Если подобные представления непроизвольно возникают в умах простых смертных, они тем более легко овладевают сознанием сильных мира сего.
В то время как старое общественное устройство Европы приходит в упадок и разваливается, монархи приходят к новым убеждениям относительно своей власти и своих обязанностей. Они наконец-то поняли, что центральная власть, которую они воплощают, может и должна лично, в соответствии с единым планом управлять всеми делами и всеми гражданами в государстве. Эти воззрения, которые, смею утверждать, никогда ранее не разделялись монархами Европы, сегодня все глубже проникают в их сознание и не желают уступать место иным концепциям.

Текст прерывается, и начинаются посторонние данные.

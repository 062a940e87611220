//! The canonical text of a parameter's value, and the line that sets one.
ghost use Rattle.std.specs.Prelude.{◌≡◌, ◌++◌, codes, OnOk};
ghost use Rattle.tb_galley.specs.CanonicalText.{choice_text, rule_text, value_text, change_text};
ghost use Rattle.tb_text.specs.Fields.{line};

use crate::glue_texts::put_glue;
use std::alloc::AllocError;
use tb_param::{Change, Choice, Rule, Value, row_of_field};
use tb_text::{put, put_amount};

fn choice(choice: Choice) -> &'static [u8]
    ensures { result.now ≡ choice_text choice }
{
    match choice {
        Choice::Flush => b" flush",
        Choice::Ragged => b" ragged",
        Choice::On => b" on",
        Choice::Off => b" off",
        Choice::R2014 => b" 2014",
        Choice::R2015 => b" 2015",
        Choice::Keep => b" keep",
        Choice::Drop => b" drop",
        Choice::Above => b" above",
        Choice::Below => b" below",
    }
}

/// Puts a rule, or that there is none.
pub(crate) fn put_rule(out: &mut Vec<u8>, rule: Option<Rule>) -> Result<(), AllocError>
    ensures { OnOk result (out.new.items ≡ out.old.items ++ rule_text rule) }
{
    let Some(rule) = rule else {
        return put(out, b" none");
    };
    put_amount(out, rule.above)?;
    put_amount(out, rule.height)?;
    put_amount(out, rule.below)
}

fn put_value(out: &mut Vec<u8>, value: &Value) -> Result<(), AllocError>
    ensures { OnOk result (out.new.items ≡ out.old.items ++ value_text value.now) }
{
    match value {
        Value::Int(n) => put_amount(out, *n),
        Value::Dim(n) => put_amount(out, *n),
        Value::Skip(glue) => put_glue(out, glue),
        Value::Frac(n) => {
            put_amount(out, *n)?;
            put(out, b"/65536")
        }
        Value::Word(word) => put(out, choice(*word)),
        Value::Rule(rule) => put_rule(out, *rule),
    }
}

/// Puts the line that sets the parameter of this name.
pub(crate) fn put_set(out: &mut Vec<u8>, name: &[u8], value: &Value) -> Result<(), AllocError>
    ensures { OnOk result (out.new.items ≡ out.old.items ++ line (codes "set " ++ name.now ++ value_text value.now)) }
{
    put(out, b"set ")?;
    put(out, name)?;
    put_value(out, value)?;
    put(out, b"\n")
}

/// Puts the line of a parameter that is set among the items.
pub(crate) fn put_change(out: &mut Vec<u8>, change: &Change) -> Result<(), AllocError>
    ensures { OnOk result (out.new.items ≡ out.old.items ++ line (change_text change.now)) }
{
    put_set(out, row_of_field(change.field).0, &change.value)
}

Таким образом, сегодня люди менее разделены, чем это можно было бы себе представить; они постоянно спорят друг с другом по вопросу о том, в чьи руки будет передана верховная власть, но легко подчиняются правам и обязанностям этой власти над собой. Все воспринимают правительство как олицетворение единой и естественной власти, которая все предвидит и все может.
Любые другие политические идеи кажутся второстепенными и преходящими, и лишь эта остается незыблемой, нерушимой, ни с чем не сравнимой истиной. Публицисты и государственные деятели безоговорочно ее принимают, толпа с жадностью хватается за нее; управляемые и власть имущие с одинаковым жаром следуют ей; она вездесуща, кажется, что она существовала всегда.
Следовательно, эта идея предстает не случайным порождением человеческого разумения, а выступает естественной предпосылкой современного состояния человеческого общества*.